THE RECORDS ▸
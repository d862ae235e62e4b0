ghost use Rattle.std.specs.Prelude.{◌≡◌, ◌≢◌, ℕ, ◌+◌, ◌^◌, ◌<◌, ◌≤◌, ◌⊎◌, length, IfOk, IfErr, MatchOption, Ok, Err};
ghost use Rattle.ix_cert.specs.declared.report.CertErr.TheVariants as err;
ghost use Rattle.ix_cert.specs.declared.report.Report.{Report as ReportValue};
ghost use Rattle.ix_cert.specs.Items.{IsItem, item_line};
ghost use Rattle.ix_lines.specs.Readings.{IsReading, texts};
ghost use Rattle.ix_cert.specs.Layout.{lines_of, first_line, is_refusal, without_last_empty as specified_without_last_empty, behind_refusal as specified_behind_refusal, report_lines, IsInForm, IsReportText, IsBadLine};
ghost use Rattle.ix_cert.specs.Refusals.{IsNext, NoNext, TellsLine, bytes_in, report_of};
ghost use Rattle.ix_cert.specs.Steps.{MayFollow, after as specified_after};
ghost use Rattle.ix_cert.specs.declared.state.Place.TheVariants as at;

use crate::item::Item;
use crate::lines::item_of;
use crate::report::{CertErr, Report};
use crate::state::{Place, Reading, after, may_follow};
use ix_bits::{List, Memory};
use ix_lines::parts;
use std::alloc::Global;

/// What a line says, if it is a line of a report.
fn item_of_line(alloc: Global, line: &[u8]) -> Result<Option<Item>, Memory>
    ensures { IfOk result (λ found. IsReading IsItem item_line line.now found) }
{
    let Ok(words) = parts(alloc, line, b' ') else {
        return Err(Memory);
    };
    item_of(alloc, words.as_slice())
}

/// What was read with this line, if it may stand next.
fn next(alloc: Global, reading: Reading, line: &[u8]) -> Result<Option<Reading>, Memory>
    ensures { IfOk result (λ found. MatchOption found (NoNext reading line.now) (λ more. IsNext reading line.now more)) }
{
    let Ok(found) = item_of_line(alloc, line) else {
        drop(reading);
        return Err(Memory);
    };
    match found {
        Some(item) => with_item(alloc, reading, item),
        None => {
            drop(reading);
            Ok(None)
        }
    }
}

fn with_item(alloc: Global, reading: Reading, item: Item) -> Result<Option<Reading>, Memory>
    requires { IsItem item }
    ensures { IfOk result (λ found. MatchOption found (MayFollow reading.version reading.place item → ⊥) (λ more. MayFollow reading.version reading.place item × (more ≡ specified_after reading item))) }
{
    if !may_follow(reading.version, &reading.place, &item) {
        drop(reading);
        drop(item);
        return Ok(None);
    }
    match after(alloc, reading, item) {
        Ok(more) => Ok(Some(more)),
        Err(error) => Err(error),
    }
}

/// The report, where its last behaviour has ended.
fn ended(reading: Reading) -> Option<Report>
    ensures { MatchOption result (reading.place ≢ at.Between) (λ report. (reading.place ≡ at.Between) × (report ≡ report_of reading)) }
{
    let Reading {
        version,
        period,
        blocks,
        place,
    } = reading;
    match place {
        Place::Between => Some(Report {
            version,
            period,
            blocks,
        }),
        other => {
            drop(other);
            drop(blocks);
            None
        }
    }
}

fn without_last_empty<'a, 'b>(lines: &'a [&'b [u8]]) -> &'a [&'b [u8]]
    ensures { texts result.now ≡ specified_without_last_empty (texts lines.now) }
{
    match lines {
        [front @ .., last] => { if last.is_empty() { front } else { lines } }
        [] => lines,
    }
}

fn is_refused(line: &[u8]) -> bool
    ensures { result ≡ is_refusal line.now }
{
    line.starts_with(b"refused ")
}

/// The lines of the report, and the number of the first, from 1: one that starts with `refused ` may stand before.
fn behind_refusal<'a, 'b>(lines: &'a [&'b [u8]]) -> (&'a [&'b [u8]], u32)
    ensures behind { texts result.0.now ≡ specified_behind_refusal (texts lines.now) }
    ensures first { result.1 ≡ first_line (texts lines.now) }
{
    match lines {
        [first, rest @ ..] => {
            if is_refused(*first) {
                (rest, 2)
            } else {
                (lines, 1)
            }
        }
        [] => (lines, 1),
    }
}

/// Reads the lines of a report, of which the first has the given number.
fn read_lines(alloc: Global, lines: &[&[u8]], first: u32) -> Result<Report, CertErr>
    requires first { first ≤ 2 }
    requires fits { bytes_in (texts lines.now) ≤ 2 ^ 32 }
    ensures form { IfOk result (λ report. IsInForm report) }
    ensures read { IfOk result (λ report. report_lines report ≡ texts lines.now) }
    ensures refused { IfErr result (TellsLine (texts lines.now) first) }
{
    let mut reading = Reading {
        version: 0,
        period: 0,
        blocks: List::new(alloc),
        place: Place::Title,
    };
    for (i, line) in lines.iter().enumerate() {
        match next(alloc, reading, *line) {
            Ok(Some(more)) => reading = more,
            Ok(None) => return Err(CertErr::Line {
                line: first + i as u32,
            }),
            Err(_) => return Err(CertErr::Memory),
        }
    }
    match ended(reading) {
        Some(report) => Ok(report),
        None => Err(CertErr::Line {
            line: first + lines.len() as u32,
        }),
    }
}

/// Reads a report, and tells the number, from 1, of its first line.
pub(crate) fn read_text(alloc: Global, bytes: &[u8]) -> Result<(Report, u32), CertErr>
    requires { length bytes.now < 2 ^ 32 }
    ensures read { IfOk result (λ x. IsReportText bytes.now x.0) }
    ensures first { IfOk result (λ x. x.1 ≡ first_line (lines_of bytes.now)) }
    ensures only { (report : ReportValue) → IsReportText bytes.now report → (result ≡ Ok (report, first_line (lines_of bytes.now))) ⊎ (result ≡ Err err.Memory) }
    ensures refused { IfErr result (λ e. e ≢ err.Memory → (n : ℕ) × (e ≡ err.Line n) × IsBadLine bytes.now n) }
    ensures refuses { (n : ℕ) → IsBadLine bytes.now n → (result ≡ Err (err.Line n)) ⊎ (result ≡ Err err.Memory) }
{
    let Ok(lines) = parts(alloc, bytes, b'\n') else {
        return Err(CertErr::Memory);
    };
    let (lines, first) = behind_refusal(without_last_empty(lines.as_slice()));
    match read_lines(alloc, lines, first) {
        Ok(report) => Ok((report, first)),
        Err(error) => Err(error),
    }
}

/// Reads the text of a report (this project's choice), of fewer than 2^32 bytes. One line that starts with `refused `
/// may stand first. A text that is no report is refused with `Line`, at the first line that may not stand in its place
/// or that is missing; no other error comes but `Memory`.
pub fn read_report(alloc: Global, bytes: &[u8]) -> Result<Report, CertErr>
    requires { length bytes.now < 2 ^ 32 }
    ensures read { IfOk result (λ report. IsReportText bytes.now report) }
    ensures only { (report : ReportValue) → IsReportText bytes.now report → (result ≡ Ok report) ⊎ (result ≡ Err err.Memory) }
    ensures refused { IfErr result (λ e. e ≢ err.Memory → (n : ℕ) × (e ≡ err.Line n) × IsBadLine bytes.now n) }
    ensures refuses { (n : ℕ) → IsBadLine bytes.now n → (result ≡ Err (err.Line n)) ⊎ (result ≡ Err err.Memory) }
{
    match read_text(alloc, bytes) {
        Ok((report, _)) => Ok(report),
        Err(error) => Err(error),
    }
}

EXERCISE ▸
Go through the listing above and pull out each line containing the word "IsInForm".

SOLVED EXERCISE ▸
ghost use Rattle.ix_cert.specs.Layout.{lines_of, first_line, is_refusal, without_last_empty as specified_without_last_empty, behind_refusal as specified_behind_refusal, report_lines, IsInForm, IsReportText, IsBadLine};
    ensures form { IfOk result (λ report. IsInForm report) }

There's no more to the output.